I tell you pretty much everything via the emails you allow me to send to you. But sometimes I feel bad because I send you a lot of emails, and I know they take time for you to read them, and yet I feel guilty that you don't charge me extra for that. So now I'm trying to be cognizant about not sending too many emails, but I also don't want you to think that I'm shying away from you either. I'll probably discuss these feelings with you at some point in our online sessions.

Also, I still feel scared about saying something that came out wrong in session, or embarrassed by what I said in session, or like I didn't complete my thoughts fully in session, so I tend to worry about what you think of me after every session - still. But, I've not been afraid anymore about you leaving us or quitting on us. You've helped us to feel more secure by allowing us to express all these feelings repeatedly last year. This year, we're learning to build trust more with you, and then in turn learning from our relationship so that perhaps we can take those healthy experiences and see how they fare in real life.

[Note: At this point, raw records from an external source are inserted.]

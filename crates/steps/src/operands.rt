// What an expression does with the values of its operands, and expressions that have none.
ghost use Rattle.steps.specs.Outcomes.{AsksCount, Counts};
ghost use Rattle.steps.specs.Operands.{AsksLeaf, GivesLeaf, AsksOneOn, GivesOne, AsksStop, TellsStop, AsksTwoOn, GivesTwo};
ghost use Rattle.program.specs.In.{In};

use program::{Scope, Source};
use store::headers::valid_mark;
use store::{COUNTER, STORE, read_place};
use values::Value;

// The tags of expressions.
const BOOL_LITERAL: u64 = 0;

const BITS_LITERAL: u64 = 1;

const VALID: u64 = 6;

pub const NOT: u64 = 7;

pub const COMPLEMENT: u64 = 8;

pub const BINARY: u64 = 9;

pub const CAST: u64 = 10;

pub const SLICE: u64 = 11;

pub const CONCATENATION: u64 = 12;

pub const CALL: u64 = 13;

// The operators that stop early.
const BOTH: u64 = 12;

const EITHER: u64 = 13;

// A step is counted: its construct begins.
pub fn count_step(slots: &mut [u64; STORE])
    requires { AsksCount slots.old }
    ensures { Counts slots.old slots.new }
{
    slots[COUNTER] += 1;
}

// A literal, a place, or whether a header is valid.
pub fn leaf(source: &Source, scope: &Scope, at: usize, slots: &[u64; STORE], frame: &[u64]) -> Value
    requires { In AsksLeaf source.now scope.now slots.now frame.now at }
    ensures { In GivesLeaf source.now scope.now slots.now frame.now at result.ty result.number }
{
    let tag = source.nums[at];
    match tag {
        BOOL_LITERAL => Value {
            ty: 0,
            number: source.nums[at + 1],
        },
        BITS_LITERAL => Value {
            ty: source.nums[at + 1],
            number: source.nums[at + 2],
        },
        VALID => Value {
            ty: 0,
            number: valid_mark(source.directory, slots, source.nums[at + 1] as usize),
        },
        _ => read_place(source, scope, slots, frame, at),
    }
}

// What an expression with one operand makes of it.
pub fn one(nums: &[u64], at: usize, a: Value) -> Value
    requires { AsksOneOn nums.now at a.ty a.number }
    ensures { GivesOne nums.now at a.ty a.number result.ty result.number }
{
    let tag = nums[at];
    match tag {
        NOT => values::negated(a),
        COMPLEMENT => values::complemented(a),
        CAST => values::cast_to(nums[at + 1], a),
        _ => values::sliced(nums[at + 1], nums[at + 2], a),
    }
}

// Whether an expression with two operands is settled by the first: both by false, either by true.
pub fn stops_early(nums: &[u64], at: usize, a: Value) -> bool
    requires { AsksStop nums.now at }
    ensures { TellsStop nums.now at a.ty a.number result }
{
    if nums[at] == BINARY {
        let operator = nums[at + 1];
        if a.number == 0 {
            operator == BOTH
        } else {
            operator == EITHER
        }
    } else {
        false
    }
}

// What an expression with two operands makes of them, where the first does not settle it.
pub fn two(nums: &[u64], at: usize, a: Value, b: Value) -> Value
    requires { AsksTwoOn nums.now at a.ty a.number b.ty b.number }
    ensures { GivesTwo nums.now at a.ty a.number b.ty b.number result.ty result.number }
{
    if nums[at] == BINARY {
        let operator = nums[at + 1];
        if operator < BOTH {
            values::binary(operator, a, b)
        } else {
            b
        }
    } else {
        values::joined(a, b)
    }
}
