// Statements that run no other construct.
ghost use Rattle.steps.specs.Singles.{AsksSingle, RunsSingle};
ghost use Rattle.program.specs.In.{In};

use crate::Ended;
use program::Source;
use store::STORE;
use store::headers::{set_invalid, set_valid};
use store::packet::extract;

// The tags of these statements. The last is extract, 11.
const EMPTY: u64 = 0;

const RETURN: u64 = 7;

const EXIT: u64 = 8;

const SET_VALID: u64 = 9;

const SET_INVALID: u64 = 10;

// The error of a packet that is too short.
const SHORT_PACKET: u64 = 1;

// An empty statement, a return without a value, an exit, or a header that is made valid or invalid or is filled from the
// packet.
pub fn single(source: &Source, at: usize, slots: &mut [u64; STORE]) -> Ended
    requires { In AsksSingle source.now slots.old at }
    ensures { In RunsSingle source.now slots.old slots.new at result }
{
    let tag = source.nums[at];
    match tag {
        EMPTY => Ended::Onward,
        RETURN => Ended::Returned,
        EXIT => Ended::Exited,
        SET_VALID => {
            let header = source.nums[at + 1] as usize;
            set_valid(source.directory, header, slots);
            Ended::Onward
        }
        SET_INVALID => {
            let header = source.nums[at + 1] as usize;
            set_invalid(source.directory, header, slots);
            Ended::Onward
        }
        _ => {
            let header = source.nums[at + 1] as usize;
            if extract(source, header, slots) {
                Ended::Onward
            } else {
                Ended::Rejected(SHORT_PACKET)
            }
        }
    }
}
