// The steps of a run that run no other construct: what an expression makes of its operands' values, what a statement
// without operands does, and what happens around a call.
#![tactic(auto)]

pub mod calls;
pub mod operands;
pub mod singles;

// How a statement ends: the next one goes on; its body ends, without a value or with one; the whole run ends, by an exit
// or by a reject with its error.
#[derive(Clone, Copy)]
pub enum Ended {
    Onward,
    Returned,
    ReturnedValue { ty: u64, number: u64 },
    Exited,
    Rejected(u64),
}
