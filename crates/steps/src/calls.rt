// Around a call: where its arguments go, and what comes back.
ghost use Rattle.steps.specs.Calls.{AsksOwn, Owns, AsksKeep, Keeps, AsksOneBack, BacksOne, AsksBack, Backs, TellsBack, AsksFinish, Finishes, AfterCall, Returns};
ghost use Rattle.program.specs.In.{In};

use crate::Ended;
use program::{Head, Scope, Source};
use store::{STORE, write_place};
use values::Value;

// The direction out: from it on a number comes back, and it alone takes nothing in.
pub const OUT: u64 = 2;

// How many slots a body's parameters and locals take: those behind them are free.
pub fn own_slots(scope: &Scope) -> usize
    requires { AsksOwn scope.now }
    ensures { Owns scope.now result }
{
    scope.parameter_count as usize + scope.local_count as usize
}

// A number is kept in a free slot.
pub fn keep(slot: usize, number: u64, frame: &mut [u64])
    requires { AsksKeep frame.old slot }
    ensures { Keeps frame.old frame.new slot number }
{
    frame[slot] = number;
}

// What comes back of one argument: the number that the callee left in a slot, where the direction is out or inout.
fn write_back(
    source: &Source,
    scope: &Scope,
    at: usize,
    parameters: usize,
    slot: usize,
    slots: &mut [u64; STORE],
    frame: &mut [u64],
)
    requires { AsksOneBack source.now.nums.now source.now.directory.now scope.now slots.old frame.old at parameters slot }
    ensures { BacksOne source.now.nums.now source.now.directory.now scope.now slots.old slots.new frame.old frame.new at parameters slot }
{
    if OUT <= source.nums[parameters] {
        let number = frame[slot];
        write_place(source, scope, at, number, slots, frame);
    }
}

// What comes back from so many arguments, from left to right: the numbers of out and inout parameters, which the callee
// left in slots one after the other. No loop: the edit write_back_right_to_left exchanges its two calls.
fn come_back(
    source: &Source,
    scope: &Scope,
    at: usize,
    parameters: usize,
    count: usize,
    slot: usize,
    slots: &mut [u64; STORE],
    frame: &mut [u64],
)
    requires { In AsksBack source.now scope.now slots.old frame.old at parameters count slot }
    ensures { In Backs source.now scope.now slots.old slots.new frame.old frame.new at parameters count slot }
{
    if count != 0 {
        write_back(source, scope, at, parameters, slot, slots, frame);
        come_back(
            source,
            scope,
            source.ends[at] as usize,
            parameters + 2,
            count - 1,
            slot + 1,
            slots,
            frame,
        );
    }
}

// Whether a body's numbers come back, by how it ended: an exit and a reject write nothing back.
fn comes_back(ended: Ended) -> bool
    ensures { TellsBack ended result }
{
    match ended {
        Ended::Onward => true,
        Ended::Returned => true,
        Ended::ReturnedValue { ty: _, number: _ } => true,
        Ended::Exited => false,
        Ended::Rejected(_) => false,
    }
}

// What comes back of a call, by its callable's head and by how the body ended.
pub fn finish_call(
    source: &Source,
    scope: &Scope,
    at: usize,
    head: Head,
    ended: Ended,
    slots: &mut [u64; STORE],
    frame: &mut [u64],
)
    requires { In AsksFinish source.now scope.now slots.old frame.old at head.parameters head.count ended }
    ensures { In Finishes source.now scope.now slots.old slots.new frame.old frame.new at head.parameters head.count ended }
{
    if comes_back(ended) {
        let own = own_slots(scope);
        come_back(
            source,
            scope,
            at + 3,
            head.parameters,
            head.count as usize,
            own,
            slots,
            frame,
        );
    }
}

// How a statement that calls goes on: a value is dropped, an exit and a reject go on out.
pub fn after_call(ended: Ended) -> Ended
    ensures { AfterCall ended result }
{
    match ended {
        Ended::Onward => Ended::Onward,
        Ended::Returned => Ended::Onward,
        Ended::ReturnedValue { ty, number } => Ended::Onward,
        Ended::Exited => Ended::Exited,
        Ended::Rejected(error) => Ended::Rejected(error),
    }
}

// The value that a body returned; one that returned none has no use for it.
pub fn returned(ended: Ended) -> Value
    ensures { Returns ended result.ty result.number }
{
    match ended {
        Ended::Onward => Value { ty: 0, number: 0 },
        Ended::Returned => Value { ty: 0, number: 0 },
        Ended::ReturnedValue { ty, number } => Value { ty, number },
        Ended::Exited => Value { ty: 0, number: 0 },
        Ended::Rejected(_) => Value { ty: 0, number: 0 },
    }
}
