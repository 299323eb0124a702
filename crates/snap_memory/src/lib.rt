//! Scans of the registers that threads share, and updates that carry the result of a scan (Afek et
//! al. 1993). All are wait-free.
//!
//! A scan reads one register after the other, as the machine of `snap_scan` says, until the numbers determine one
//! moment. Then it reads the values from the buffers that its seat still pins: those of the last looks if the scan is
//! clean, or the view of one register if it borrows. The answer is the memory after a list of updates. This list begins
//! with all that the seat had seen before, and with all that was in the history at the first look of the call; and it
//! is a beginning of all that the seat has seen afterwards (specs/Scans.antt).
//!
//! A scan of some segments reads these alone and returns their part of that memory; of a view it takes their entries.
//! The scan inside an update is always one of all segments, so that any scan may borrow it.
//!
//! [`Scanner::scan`] caches what it reads: the last number and value of each segment, shared with its answers. A number
//! has one value, so a value whose number hasn't changed isn't read again. Looks are never cached: each scan makes its
//! own, so it has all that was in the history at its first look.
#![tactic(auto)]

mod looks;
mod scan_cache;
mod scanner;
mod snapshot;
mod update;

pub use looks::scan;
pub use scanner::Scanner;
pub use snap_register::View;
pub use snap_scan::{SegmentSet, SegmentValue};
pub use snapshot::Snapshot;
pub use update::{prepare, show};
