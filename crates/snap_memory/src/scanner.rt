//! A scanner.
ghost use Rattle.std.specs.Prelude.{◌≡◌, ℕ, ◌+◌, ◌<◌, ◌≤◌, [], ◌∷◌, ◌++◌, length, map, take, OnOk, OnErr, IfOk};
ghost use Rattle.std.specs.Prelude.{IfErr, IsTrue, ◌↔◌, All};
ghost use Rattle.snap_history.specs.Limits.{IsShort};
ghost use Rattle.snap_history.specs.declared.limits.TheConstants.{MAX_COUNT, MAX_VALUE_LEN};
ghost use Rattle.snap_register.specs.Rule.{segments};
ghost use Rattle.snap_register.specs.Seat.{Grows, Meets, IsBelow, AreTogether, number_in, value_in};
ghost use Rattle.snap_scan.specs.{Looks.most_looks, Sets.size, Values.pair_of};
ghost use Rattle.snap_memory.specs.Scans.{IsSnapshot, IsPart, HasPart, KeepsOthers, IsSetOf, HasLooks, CanScan};
ghost use Rattle.snap_memory.specs.Scans.{TakesLooks, TakesLooksOf, MayRefuse};
ghost use Rattle.snap_disk.specs.declared.refusal.Refusal.{Refusal};

use crate::looks::scan_some;
use crate::scan_cache::{ScanCache, empty_cache, scan_kept};
use crate::snapshot::Snapshot;
use snap_disk::Refusal;
use snap_history::MAX_VALUE_LEN;
use snap_register::{Looker, ReadSeat, WriteSeat};
use snap_scan::{SegmentSet, SegmentValue, most_looks};
use std::alloc::{AllocError, Global};
use std::marker::Model;
use std::mem;

/// A scanner on a seat of its own. It is wait-free. Only [`Scanner::scan`] may allocate.
#[derive(Drop)]
pub struct Scanner {
    seat: ReadSeat,
    cache: ScanCache,
}

impl Model for Scanner {
    ghost use Rattle.snap_register.specs.Seat.{Known};
    ghost use Rattle.snap_memory.specs.ScanCaches.{Fits};

    ghost Value = { Known };

    ghost view = { λ s. s.seat };

    ghost invariant = { λ s. Fits s.seat s.cache };
}

impl Scanner {
    /// A scanner on this seat, without a cache.
    pub fn new(seat: ReadSeat) -> Scanner
        ensures { result ≡ seat }
    {
        Scanner {
            seat,
            cache: ScanCache::Absent,
        }
    }

    /// How many segments there are, 1 to 16.
    pub fn segments(&self) -> usize
        ensures count { result ≡ segments self.now.plan }
        ensures some { (0 < result) × (result ≤ MAX_COUNT) }
    {
        self.seat.segments()
    }

    /// How many looks it has left.
    pub fn looks_left(&self) -> u64
        ensures { result ≡ self.now.left }
    {
        self.seat.looks_left()
    }

    /// Fills `out` with the number and the value of each segment, all of one moment. This is the memory after a list of
    /// updates that begins with all that the scanner had seen before this call and with all that was in the history at
    /// the first look of this call, and that is a beginning of all that the scanner has seen afterwards. Uses up looks.
    ///
    /// Returns `Worn`, and changes nothing, if fewer looks are left than a scan might take ([`most_looks`]).
    pub fn scan_into(&mut self, out: &mut Snapshot) -> Result<(), Refusal>
        requires room { length out.old ≡ segments self.old.plan }
        ensures enough { OnOk result (CanScan self.old) }
        ensures worn { IfErr result (λ why. (why ≡ Refusal.Worn)
            × (self.old.left < most_looks (segments self.old.plan))) }
        ensures snapshot { OnOk result (IsSnapshot self.old self.new out.new) }
        ensures seen { OnOk result (Grows self.old self.new) }
        ensures below { OnOk result (IsBelow self.new) }
        ensures left { OnOk result (TakesLooks self.old self.new) }
        ensures kept { OnErr result (out.new ≡ out.old) }
        ensures unchanged { OnErr result (self.new ≡ self.old) }
    {
        self.scan_some(SegmentSet::all(self.segments()), out)
    }

    /// Writes into `out` the number and the value of each segment in `set`, all of one moment, as
    /// [`Scanner::scan_into`] does for all segments. The other entries of `out` stay.
    ///
    /// `set` names at least one segment, and only existing ones. Returns `Worn`, and changes nothing, if fewer looks
    /// are left than such a scan might take ([`most_looks`]).
    pub fn scan_some(&mut self, set: SegmentSet, out: &mut Snapshot) -> Result<(), Refusal>
        requires set { IsSetOf self.old set.bits }
        requires room { length out.old ≡ segments self.old.plan }
        ensures enough { OnOk result (HasLooks (size set.bits) self.old) }
        ensures worn { IfErr result (λ why. (why ≡ Refusal.Worn) × (self.old.left < most_looks (size set.bits))) }
        ensures part { OnOk result (HasPart set.bits self.old self.new out.new) }
        ensures others { KeepsOthers set.bits out.old out.new }
        ensures seen { OnOk result (Grows self.old self.new) }
        ensures below { OnOk result (IsBelow self.new) }
        ensures left { OnOk result (TakesLooksOf (size set.bits) self.old self.new) }
        ensures kept { OnErr result (out.new ≡ out.old) }
        ensures unchanged { OnErr result (self.new ≡ self.old) }
    {
        if self.looks_left() < most_looks(set.len()) as u64 {
            return Err(Refusal::Worn);
        }
        scan_some(&mut self.seat, set, &mut out.buf);
        Ok(())
    }

    /// The number and the value of each segment in `set`, in ascending order, all of one moment, as
    /// [`Scanner::scan_some`] gives them, in memory of their own. Values are cached and shared with the answer, so a
    /// segment whose number hasn't changed isn't read again: a number has one value. The looks are always new, so the
    /// answer has all that was in the history at the first look of this call.
    ///
    /// `set` and the error `Worn` are as there. `NoMemory` if memory runs out, before the first look or after the last.
    pub fn scan(&mut self, alloc: Global, set: SegmentSet) -> Result<Vec<SegmentValue>, Refusal>
        requires set { IsSetOf self.old set.bits }
        ensures enough { OnOk result (HasLooks (size set.bits) self.old) }
        ensures refused { IfErr result (λ why. MayRefuse (size set.bits) self.old why self.new) }
        ensures part { IfOk result (λ values. IsPart set.bits self.old self.new (map pair_of values.items)) }
        ensures short { IfOk result (λ values. All (λ v. IsShort v.value) values.items) }
        ensures seen { OnOk result (Grows self.old self.new) }
        ensures below { OnOk result (IsBelow self.new) }
        ensures left { OnOk result (TakesLooksOf (size set.bits) self.old self.new) }
    {
        if self.looks_left() < most_looks(set.len()) as u64 {
            return Err(Refusal::Worn);
        }
        let mut cache = match mem::replace(&mut self.cache, ScanCache::Absent) {
            ScanCache::Kept(cache) => cache,
            ScanCache::Absent => match empty_cache(alloc, self.seat.segments()) {
                Ok(cache) => cache,
                Err(AllocError) => return Err(Refusal::NoMemory),
            },
        };
        let values = scan_kept(alloc, &mut self.seat, set, &mut cache);
        self.cache = ScanCache::Kept(cache);
        values.map_err(|_| Refusal::NoMemory)
    }

    /// One look: returns the number of segment `j` and the length of its value, which is at the front of `value`.
    pub fn read_one(&mut self, j: usize, value: &mut [u8; MAX_VALUE_LEN]) -> (u64, usize)
        requires segment { j < segments self.old.plan }
        requires left { 0 < self.old.left }
        ensures seen { Grows self.old self.new }
        ensures below { IsBelow self.new }
        ensures number { result.0 ≡ number_in self.new self.new.seen j }
        ensures value { take result.1 value.new ≡ value_in self.new self.new.seen j }
        ensures size { result.1 ≤ MAX_VALUE_LEN }
        ensures look_records { self.new.look_records ≡ self.old.look_records ++ self.new.seen ∷ [] }
        ensures left { self.new.left + 1 ≡ self.old.left }
    {
        let number = self.seat.look(j);
        let length = self.seat.value(j, value);
        (number, length)
    }

    /// Joins what the scanner and the writer have seen. Afterwards both have seen all that either
    /// had, and all that was in the history at one moment of this call. So the scanner's next scan
    /// has all that the writer has shown. It isn't a look.
    pub fn meet(&mut self, writer: &mut WriteSeat)
        requires together { AreTogether self.old writer.old }
        ensures scanner { Meets self.old self.new }
        ensures writer { Meets writer.old writer.new }
        ensures met { self.new.seen ≡ writer.new.seen }
        ensures below { IsBelow self.new }
    {
        self.seat.meet(writer);
    }
}
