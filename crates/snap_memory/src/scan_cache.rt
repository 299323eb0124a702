//! The cache of a scanner: a value whose number hasn't changed isn't read again.
ghost use Rattle.std.specs.Prelude.{◌≡◌, ℕ, ◌<◌, ◌^◌, length, map, Some, All, IfOk};
ghost use Rattle.snap_history.specs.Limits.{IsShort};
ghost use Rattle.snap_register.specs.Rule.{segments};
ghost use Rattle.snap_register.specs.Seat.{Grows, IsBelow, Known};
ghost use Rattle.snap_scan.specs.Sets.{named, size};
ghost use Rattle.snap_scan.specs.{Values.pair_of, declared.segment_value.SegmentValue.SegmentValue};
ghost use Rattle.snap_memory.specs.Scans.{IsPart, IsSetOf, HasLooks, TakesLooksOf};
ghost use Rattle.snap_memory.specs.ScanCaches.{number_of, HasPlace, IsFoundAt, IsFound, IsKeptOf, AreKept};
ghost use Rattle.snap_memory.specs.ScanCaches.{IsEntry, AreEntries};

use crate::looks::gather;
use bytes::Bytes;
use snap_register::{Looker, SnapshotBuf, View};
use snap_scan::{MAX_SEGMENTS, SegmentSet, SegmentValue};
use std::alloc::{AllocError, Global};

/// A scanner's cache.
#[derive(Drop)]
pub(crate) enum ScanCache {
    /// Nothing was cached yet, and no memory was allocated.
    Absent,
    /// For each segment the number and value that this scanner read last, if it did.
    Kept(Vec<Option<SegmentValue>>),
}

/// An empty cache for `segments` segments.
pub(crate) fn empty_cache(
    alloc: Global,
    segments: usize,
) -> Result<Vec<Option<SegmentValue>>, AllocError>
    ensures size { IfOk result (λ r. length r.items ≡ segments) }
    ensures none { IfOk result (λ r. (seat : Known) → AreKept seat r.items) }
{
    let mut cache = Vec::with_capacity(alloc, segments)?;
    for i in 0..segments {
        cache.push(None)?;
    }
    Ok(cache)
}

/// The numbers and values of the segments in `set`, in ascending order, all of one moment. If
/// memory runs out, looks may have been used up.
pub(crate) fn scan_kept<L: Looker>(
    alloc: Global,
    seat: &mut L,
    set: SegmentSet,
    cache: &mut Vec<Option<SegmentValue>>,
) -> Result<Vec<SegmentValue>, AllocError>
    requires set { IsSetOf (L.known seat.old) set.bits }
    requires left { HasLooks (size set.bits) (L.known seat.old) }
    requires cache { length cache.old.items ≡ segments (L.known seat.old).plan }
    requires kept { AreKept (L.known seat.old) cache.old.items }
    ensures seen { Grows (L.known seat.old) (L.known seat.new) }
    ensures below { IsBelow (L.known seat.new) }
    ensures part { IfOk result (λ values. IsPart set.bits (L.known seat.old) (L.known seat.new)
        (map pair_of values.items)) }
    ensures short { IfOk result (λ values. All (λ v. IsShort v.value) values.items) }
    ensures left { TakesLooksOf (size set.bits) (L.known seat.old) (L.known seat.new) }
    ensures cache { length cache.new.items ≡ length cache.old.items }
    ensures kept { AreKept (L.known seat.new) cache.new.items }
{
    let mut numbers = [0; MAX_SEGMENTS];
    match gather(seat, set, &mut numbers) {
        View::Collected => list(alloc, seat, set, ScanSource::Looked(&numbers), cache),
        View::Borrowed(segment) => {
            let mut view = SnapshotBuf::new(alloc, seat.segments())?;
            seat.view(segment, set, &mut view);
            list(alloc, seat, set, ScanSource::Viewed(&view), cache)
        }
    }
}

/// Where a scan found its answer.
#[derive(Clone, Copy)]
pub(crate) enum ScanSource<'a> {
    /// In the records of the last looks, which found these numbers.
    Looked(&'a [u64; MAX_SEGMENTS]),
    /// In the view of one record, which has these entries.
    Viewed(&'a SnapshotBuf),
}

impl<'a> ScanSource<'a> {
    ghost use Rattle.snap_memory.specs.ScanCaches.{number_of, HasPlace, IsFoundAt, IsAnswerable};

    /// The number found for segment `i`.
    fn number(self, i: usize) -> u64
        requires place { HasPlace self i }
        ensures { result ≡ number_of self.entry i }
    {
        match self {
            ScanSource::Looked(numbers) => numbers[i],
            ScanSource::Viewed(view) => view.number(i),
        }
    }

    /// Reads the value found for segment `i` into new memory.
    fn read<L: Looker>(self, alloc: Global, seat: &mut L, i: usize) -> Result<Bytes, AllocError>
        requires segment { i < segments (L.known seat.old).plan }
        requires place { HasPlace self i }
        requires found { IsFoundAt (L.known seat.old) self i }
        ensures value { IfOk result (λ v. IsAnswerable (L.known seat.old) i (number_of self.entry i, v)) }
        ensures same { L.known seat.new ≡ L.known seat.old }
    {
        match self {
            ScanSource::Looked(_) => seat.value_bytes(alloc, i),
            ScanSource::Viewed(view) => Bytes::copy_from_slice(alloc, view.value(i)),
        }
    }
}

/// The entry found for segment `i`: from the cache if that has the number, else read and then cached.
fn take_entry<L: Looker>(
    alloc: Global,
    seat: &mut L,
    i: usize,
    found: ScanSource,
    kept: &mut Option<SegmentValue>,
) -> Result<SegmentValue, AllocError>
    requires segment { i < segments (L.known seat.old).plan }
    requires found { HasPlace found i × IsFoundAt (L.known seat.old) found i }
    requires kept { IsKeptOf (L.known seat.old) i kept.old }
    ensures entry { IfOk result (λ e. IsEntry (L.known seat.old) found.entry i (pair_of e)) }
    ensures kept { IsKeptOf (L.known seat.old) i kept.new }
    ensures same { L.known seat.new ≡ L.known seat.old }
{
    let number = found.number(i);
    match kept {
        Some(entry) if entry.number == number => Ok(SegmentValue {
            number,
            value: entry.value.clone()?,
        }),
        _ => {
            let value = found.read(alloc, seat, i)?;
            *kept = Some(SegmentValue {
                number,
                value: value.clone()?,
            });
            Ok(SegmentValue { number, value })
        }
    }
}

/// The entries found for the segments in `set`: from the cache if it has the number, else read and then cached.
fn list<L: Looker>(
    alloc: Global,
    seat: &mut L,
    set: SegmentSet,
    found: ScanSource,
    cache: &mut Vec<Option<SegmentValue>>,
) -> Result<Vec<SegmentValue>, AllocError>
    requires set { set.bits < 2 ^ segments (L.known seat.old).plan }
    requires found { IsFound set.bits (L.known seat.old) found }
    requires cache { length cache.old.items ≡ segments (L.known seat.old).plan }
    requires kept { AreKept (L.known seat.old) cache.old.items }
    ensures entries { IfOk result (λ values. AreEntries (named set.bits) (L.known seat.old) found.entry
        (map pair_of values.items)) }
    ensures short { IfOk result (λ values. All (λ v. IsShort v.value) values.items) }
    ensures cache { length cache.new.items ≡ length cache.old.items }
    ensures kept { AreKept (L.known seat.old) cache.new.items }
    ensures same { L.known seat.new ≡ L.known seat.old }
{
    let mut values = Vec::with_capacity(alloc, cache.len())?;
    for i in 0..MAX_SEGMENTS {
        if set.has(i) {
            let entry = take_entry(alloc, seat, i, found, &mut cache[i])?;
            values.push(entry)?;
        }
    }
    Ok(values)
}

There's also times when I wanted to say something in session, but I forgot. And then I'll remember like months later, LOL. Talk about dissociation, or just being sidetracked. But still, those things still linger, so we will eventually discuss them.

I felt really supported today! I had already emailed you about this, but it helped me to cope better with the nightmare.

Another thing is that I worry about how my expressing any of my traumas, or my alters expressing any of their traumas, will cause you to experience vicarious trauma of your own. We don't want you to get hurt or affected by listening to our traumas. We worry about that, too. But we expressed that in an email, so we plan to discuss that with you next week.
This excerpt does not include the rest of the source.